Morphodynamic processes in rivers with cascade movable weirs – A case study of the middle Fen River

Abstract

Cascade movable weirs have been increasingly widely used for river landscaping, water storage and ecological wellbeing. The weirs disturb the prior equilibrium in line with fluvial hydrology, sediment transport and geomorphology, and may lead to profound changes in the river, of which, however, the understanding has so far remained poor. Here, the first of its kind, a computational modelling study is presented on the morphodynamic processes under the impact of cascade hydraulic lifting dams, a type of movable weirs, as to the middle Fen River, China. A two-dimensional shallow water hydro-sediment-morphodynamic model is applied to resolve the fluvial processes, which is physically coupled and computationally efficient based on Finite Volume Method, unstructured mesh, local time stepping and parallel computing. Computational results show that the cascade dams alter the flow and sediment transport locally and on the reach scale in a distinct manner under different operation schemes, which in turn incur disparate morphological changes. Collapse of all the dams all year round would lead to net degradation in the study reach, with the floodplains aggrading and the main channel degrading.

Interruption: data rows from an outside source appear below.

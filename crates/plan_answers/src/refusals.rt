//! How the refusals of a plan and its range file are written.
ghost use Rattle.std.specs.Prelude.{◌≡◌, IfOk};
ghost use Rattle.pap_tree.specs.Flowchart.{flowchart_of};
ghost use Rattle.plan_answers.specs.Refusals.{which_word, read_detail, expr_detail, type_detail, order_detail, limits_detail};
ghost use Rattle.plan_answers.specs.Refusals.{cause_word, node_detail, HasDetail, HasItsPlan};

use crate::places::spelling_at;
use call_order::OrderFault;
use interval_analysis::RangeFault;
use interval_num::RangeCause;
use limits_file::LimitsFault;
use pap_expr::ExprFault;
use pap_plan::{PlanRefusal, Spot, read_plan};
use pap_reader::{ReadFault, Which};
use pap_tree::{Place, PlanText};
use pap_types::TypeFault;
use std::alloc::{AllocError, Global};

/// The group, the name and the details of a refusal of this plan. The spelling of a node is read from the plan's text.
pub(crate) fn refusal_detail(
    alloc: Global,
    plan: &[u8],
    refusal: &PlanRefusal,
) -> Result<Vec<u8>, AllocError>
    requires { HasItsPlan plan.now refusal.now }
    ensures { IfOk result (λ detail. HasDetail plan.now refusal.now detail.items) }
{
    match refusal {
        PlanRefusal::Read(fault) => read_detail(alloc, fault),
        PlanRefusal::Expr { spot, fault } => expr_detail(alloc, spot, fault),
        PlanRefusal::Types(fault) => type_detail(alloc, fault),
        PlanRefusal::Order(fault) => order_detail(alloc, fault),
        PlanRefusal::Limits(fault) => limits_detail(alloc, fault),
        PlanRefusal::LimitName { name } => {
            Ok(format!(in alloc; "plan LimitName {name}")?.into_bytes())
        }
        PlanRefusal::LimitKind { name } => {
            Ok(format!(in alloc; "plan LimitKind {name}")?.into_bytes())
        }
        PlanRefusal::Bind { name } => Ok(format!(in alloc; "plan Bind {name}")?.into_bytes()),
        PlanRefusal::Range(RangeFault::At { place, cause }) => match read_plan(alloc, plan) {
            Ok(text) => node_detail(alloc, &text, place, *cause),
            Err(PlanRefusal::Memory) => Err(AllocError),
            Err(_) => unreachable!(),
        },
        PlanRefusal::Range(RangeFault::Output { name }) => {
            Ok(format!(in alloc; "plan Output {name}")?.into_bytes())
        }
        PlanRefusal::Range(RangeFault::Memory(_)) | PlanRefusal::Memory => Err(AllocError),
    }
}

fn which_word(which: Which) -> &'static str
    ensures { result.now ≡ which_word which }
{
    match which {
        Which::Bytes => "Bytes",
        Which::Inputs => "Inputs",
        Which::Outputs => "Outputs",
        Which::Internals => "Internals",
        Which::Constants => "Constants",
        Which::Methods => "Methods",
        Which::Statements => "Statements",
        Which::Depth => "Depth",
    }
}

fn read_detail(alloc: Global, fault: &ReadFault) -> Result<Vec<u8>, AllocError>
    ensures { IfOk result (λ detail. detail.items ≡ read_detail fault.now) }
{
    let detail = match fault {
        ReadFault::Text { at } => format!(in alloc; "plan Text {at}")?,
        ReadFault::Element { at } => format!(in alloc; "plan Element {at}")?,
        ReadFault::Attribute { at } => format!(in alloc; "plan Attribute {at}")?,
        ReadFault::Many { which } => {
            let word = which_word(*which);
            format!(in alloc; "plan Many {word}")?
        }
        ReadFault::Memory => return Err(AllocError),
    };
    Ok(detail.into_bytes())
}

fn expr_detail(alloc: Global, spot: &Spot, fault: &ExprFault) -> Result<Vec<u8>, AllocError>
    ensures { IfOk result (λ detail. detail.items ≡ expr_detail spot.now fault.now) }
{
    let detail = match fault {
        ExprFault::Syntax { at } => format!(in alloc; "plan Syntax {spot} {at}")?,
        ExprFault::Unsupported { at } => format!(in alloc; "plan Unsupported {spot} {at}")?,
        ExprFault::BinaryFraction { at } => format!(in alloc; "plan BinaryFraction {spot} {at}")?,
        ExprFault::Number { at } => format!(in alloc; "plan Number {spot} {at}")?,
        ExprFault::Deep { at } => format!(in alloc; "plan Deep {spot} {at}")?,
        ExprFault::Memory => return Err(AllocError),
    };
    Ok(detail.into_bytes())
}

fn type_detail(alloc: Global, fault: &TypeFault) -> Result<Vec<u8>, AllocError>
    ensures { IfOk result (λ detail. detail.items ≡ type_detail fault.now) }
{
    let detail = match fault {
        TypeFault::Twice { name } => format!(in alloc; "plan Twice {name}")?,
        TypeFault::Unknown { name, place } => format!(in alloc; "plan Unknown {name} {place}")?,
        TypeFault::Kind { place } => format!(in alloc; "plan Kind {place}")?,
        TypeFault::ConstantWritten { place } => format!(in alloc; "plan ConstantWritten {place}")?,
        TypeFault::NoMethod { place } => format!(in alloc; "plan NoMethod {place}")?,
        TypeFault::Value { name } => format!(in alloc; "plan Value {name}")?,
        TypeFault::Memory(_) => return Err(AllocError),
    };
    Ok(detail.into_bytes())
}

fn order_detail(alloc: Global, fault: &OrderFault) -> Result<Vec<u8>, AllocError>
    ensures { IfOk result (λ detail. detail.items ≡ order_detail fault.now) }
{
    let detail = match fault {
        OrderFault::Cycle { method } => format!(in alloc; "plan Cycle {method}")?,
        OrderFault::Chain { method } => format!(in alloc; "plan Chain {method}")?,
        OrderFault::TooLong { count } => format!(in alloc; "plan TooLong {count}")?,
        OrderFault::Memory(_) => return Err(AllocError),
    };
    Ok(detail.into_bytes())
}

fn limits_detail(alloc: Global, fault: &LimitsFault) -> Result<Vec<u8>, AllocError>
    ensures { IfOk result (λ detail. detail.items ≡ limits_detail fault.now) }
{
    let detail = match fault {
        LimitsFault::Toml => format!(in alloc; "limits Toml")?,
        LimitsFault::Key { name } => format!(in alloc; "limits Key {name}")?,
        LimitsFault::Bound { name } => format!(in alloc; "limits Bound {name}")?,
        LimitsFault::LimitsLong => format!(in alloc; "limits LimitsLong")?,
        LimitsFault::Memory(_) => return Err(AllocError),
    };
    Ok(detail.into_bytes())
}

fn cause_word(cause: RangeCause) -> &'static str
    ensures { result.now ≡ cause_word cause }
{
    match cause {
        RangeCause::Wide => "Wide",
        RangeCause::Scale => "Scale",
        RangeCause::Divisor => "Divisor",
        RangeCause::Index => "Index",
    }
}

/// The refusal of a node that may fail: the cause, its place and its spelling.
fn node_detail(
    alloc: Global,
    plan: &PlanText,
    place: &Place,
    cause: RangeCause,
) -> Result<Vec<u8>, AllocError>
    ensures { IfOk result
        (λ detail. detail.items ≡ node_detail (flowchart_of plan.now) place.now cause) }
{
    let cause = cause_word(cause);
    let front = format!(in alloc; "plan {cause} {place} ")?;
    let mut detail = front.into_bytes();
    detail.extend_from_slice(&spelling_at(alloc, plan, place)?)?;
    Ok(detail)
}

Operation of all the dams all year round may induce an overall aggradation both on the floodplains and in the main channel. If all the dams collapse in flood seasons and operate in dry seasons (CF), degradation occurs in the main channel whereas the floodplains experience aggradation, with a net degradation. When only the dams in the main channel operate all year round (OM), the floodplains degrade while the main channel aggrades, resulting in a net aggradation in the study reach. Either aggradation or degradation may prevail locally on floodplains, in main channel and individual subreaches. The present findings lead us to propose a complex operation scheme of annually alternating CF and OM to constrain significant morphological changes.